# Modeling Count Data

This course will teach you regression models for count data, models with a response or dependent variable data in the form of a count or rate, Poisson regression, the foundation for modeling counts, and extensions and modifications to the basic model.

## Overview

This course deals with regression models for count data; i.e. models with a response or dependent variable data in the form of a count or rate. A count is understood as the number of times an event occurs; a rate as how many events occur within a specific area or time interval. The course will cover the nature of various count models, problems of over- and under-dispersion, fit and residual tests, and graphics for count models. It also looks at advanced count models and an overview of Bayesian count models.

## Learning Outcomes

Students who complete this course will start with the fundamentals of modeling counts and move on to explore assessment of fit, alternative count models, and more advanced count models. They will study a broad range of topics designed to help them understand key model assumptions, how to select appropriate models and how to interpret model outcomes.

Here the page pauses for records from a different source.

//! Where a number stands among others that rise.

ghost use Rattle.std.specs.Prelude.{ℕ, AllPairs, ◌≡◌, ◌≤◌, ◌<◌, ◌-◌, ◌==◌, IfSome, Some, true, length, option_map, position, slice_get, slice_index_or};
ghost use Rattle.std.specs.List.Sorted.{IsPartitionPoint};

/// The place of the row of this number, among rows whose numbers rise.
pub fn place_of<T>(rows: &[(u64, T)], id: u64) -> Option<usize>
    requires rising { AllPairs (λ a b. a.0 < b.0) rows.now }
    ensures { result ≡ position (λ entry. entry.0 == id) rows.now }
{
    if let Some(place) = place_before_last(rows, id) {
        return Some(place);
    }
    if let Some(place) = place_behind_first(rows, id) {
        return Some(place);
    }
    rows.binary_search_by_key(&id, |entry| entry.0).ok()
}

// The place of the row of this number, where each number from it on up to the last row's has a row.
fn place_before_last<T>(rows: &[(u64, T)], id: u64) -> Option<usize>
    requires rising { AllPairs (λ a b. a.0 < b.0) rows.now }
    ensures { IfSome result (λ place. position (λ entry. entry.0 == id) rows.now ≡ Some place) }
{
    let (last, before) = rows.split_last()?;
    let back = last.0.checked_sub(id)?;
    let place = (before.len() as u64).checked_sub(back)? as usize;
    if rows[place].0 == id {
        Some(place)
    } else {
        None
    }
}

// The place of the row of this number, where each number from the first row's up to it has a row.
fn place_behind_first<T>(rows: &[(u64, T)], id: u64) -> Option<usize>
    requires rising { AllPairs (λ a b. a.0 < b.0) rows.now }
    ensures { IfSome result (λ place. position (λ entry. entry.0 == id) rows.now ≡ Some place) }
{
    let (first, _) = rows.split_first()?;
    let place = id.checked_sub(first.0)? as usize;
    if place < rows.len() && rows[place].0 == id {
        Some(place)
    } else {
        None
    }
}

/// Where the rows of numbers up to this one end, among rows whose numbers rise.
pub fn end_of<T>(rows: &[(u64, T)], after: u64) -> usize
    requires rising { AllPairs (λ a b. a.0 < b.0) rows.now }
    ensures bound { result ≤ length rows.now }
    ensures point { IsPartitionPoint (λ e. e.0 ≤ after) (λ e. after < e.0) rows.now result }
{
    let place = end_before_last(rows, after);
    if is_end_at(rows, place, after) {
        return place;
    }
    rows.partition_point(|row| row.0 <= after)
}

// Where the rows of numbers up to this one end, if each number behind it up to the last row's has a row.
fn end_before_last<T>(rows: &[(u64, T)], after: u64) -> usize
    ensures { result ≤ length rows.now }
{
    let Some(last) = rows.last() else {
        return 0;
    };
    let back = last.0.saturating_sub(after);
    (rows.len() as u64).saturating_sub(back) as usize
}

// Whether the rows of numbers up to this one are known to end at a place.
fn is_end_at<T>(rows: &[(u64, T)], place: usize, after: u64) -> bool
    requires rising { AllPairs (λ a b. a.0 < b.0) rows.now }
    requires bound { place ≤ length rows.now }
    ensures { result ≡ true → IsPartitionPoint (λ e. e.0 ≤ after) (λ e. after < e.0) rows.now place }
{
    is_up_to_before(rows, place, after) && is_above_at(rows, place, after)
}

// Whether the row before a place, where there is one, has a number up to this one.
fn is_up_to_before<T>(rows: &[(u64, T)], place: usize, after: u64) -> bool
    requires { place ≤ length rows.now }
    ensures { result ≡ true → 0 < place → (d : ℕ × T) → (slice_index_or rows.now (place - 1) d).0 ≤ after }
{
    if place == 0 {
        return true;
    }
    rows[place - 1].0 <= after
}

// Whether the row at a place, where there is one, has a number above this one.
fn is_above_at<T>(rows: &[(u64, T)], place: usize, after: u64) -> bool
    ensures { result ≡ true → place < length rows.now → (d : ℕ × T) → after < (slice_index_or rows.now place d).0 }
{
    if place < rows.len() {
        after < rows[place].0
    } else {
        true
    }
}

/// The number of the row at this place.
pub fn number_at<T>(rows: &[(u64, T)], place: usize) -> Option<u64>
    ensures { result ≡ option_map (λ row. row.0) (slice_get rows.now place) }
{
    match rows.get(place) {
        None => None,
        Some(row) => Some(row.0),
    }
}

• Fit Poisson models to count data
• Interpret coefficients and rates
• Test for and deal with overdispersion
• Fit alternate models for count data – negative binomial and variants
• Model underdispersion

## Who Should Take This Course

Analysts and researchers in a wide variety of fields who are concerned with modeling counts and rates.

## Course Syllabus

### Week 1

Fundamentals of Modeling Counts; Poisson Regression

• What are counts
• Understanding a statistical count model
• Variety of count models
• Estimation – the modeling process
• Poisson model assumptions
• Apparent overdispersion
• The basic Poisson mode
• Interpreting coefficients and rate ratios
• Exposure; modeling time, area, and space
• Prediction
• Poisson marginal effects

### Week 2

Overdispersion, Assessment of Fit, and Negative Binomial Regression

• Count model fit statistics
• Overdispersion: what, why, and how
• Testing overdispersion
• Methods for handling overdispersion – adjusting SEs
• Analysis of residuals
• Likelihood ratio tests
• Model selection criterion
• Validation sample
• Varieties of negative binomial models
• Negative binomial model assumptions
• Examples using real data

### Week 3

Alternative Count Models: NB Fit Tests, PIG, Problem with Zeros

• General negative binomial fit tests
• Generalized NB-P regression (NBP)
• Heterogeneous negative binomial  (NBH)
• Generalized Poisson – modeling underdispersion (GP)
• Poisson inverse Gaussian (PIG)
• Zero-truncated count models
• Two-part hurdle models
• Zero-inflated count models

### Week 4

Underdispersed Count Data, Advanced Count Models

• Generalized Poisson – modeling underdispersion
• Exact Poisson regression
• Truncation and censored count models
• Finite mixture models
• Non-parametric and quantile count models
• Overview of longitudinal and clustered count models
• 3-parameter count models
• Overview of Bayesian count models
• Project preparation

#### Organization of Course

This course takes place online at The Institute for 4 weeks. During each course week, you participate at times of your own choosing – there are no set times when you must be online. Course participants will be given access to a private discussion board. In class discussions led by the instructor, you can post questions, seek clarification, and interact with your fellow students and the instructor.

At the beginning of each week, you receive the relevant material, in addition to answers to exercises from the previous session. During the week, you are expected to go over the course materials, work through exercises, and submit answers. Discussion among participants is encouraged. The instructor will provide answers and comments, and at the end of the week, you will receive individual feedback on your homework answers.

#### Time Requirements

This is a 4-week course requiring 10-15 hours per week of review and study, at times of your choosing.

#### Homework

Homework in this course consists of short answer questions to test concepts, guided data analysis problems using software, guided data modeling problems using software and end of course data modeling project. In addition to assigned readings, this course also has supplemental readings available online in the course.

#### Course Text

The required text is Modeling Count Data, Hilbe, Joseph M (2014), Cambridge University Press. This paperback edition includes R, Stata, SAS and Excel/CVS code, which can be downloaded from the author’s website. R data and functions are located in the COUNT package on CRAN. An electronic version of the book is also available from the publisher, or on Amazon.

#### Software

The methods covered in this course are handled well by Stata, R and for the most part, SAS.  Data sets used in the text are available in Stata, R SAS and Excel formats. With respect to code and output:

Stata
Code and output are provided for all examples for which known Stata commands exist.

R
Functions and scripts are available in the COUNT and msme packages.

SAS
Some code and output is provided, e.g., chapter 15 on Bayesian count models.

The instructor and TA are familiar with Stata and R. The instructor is familiar with most SAS procedures related to the modeling of count data. No instructional support is available for SAS.  If you plan on using R and are not already familiar with it, please consider taking one of our courses where R is introduced from the ground up:  R-Programming: Introduction,” “Introduction to R: Data Handling,” or “Introduction to R: Statistical Analysis.” R has a learning curve that is steeper than that of most commercial statistical software.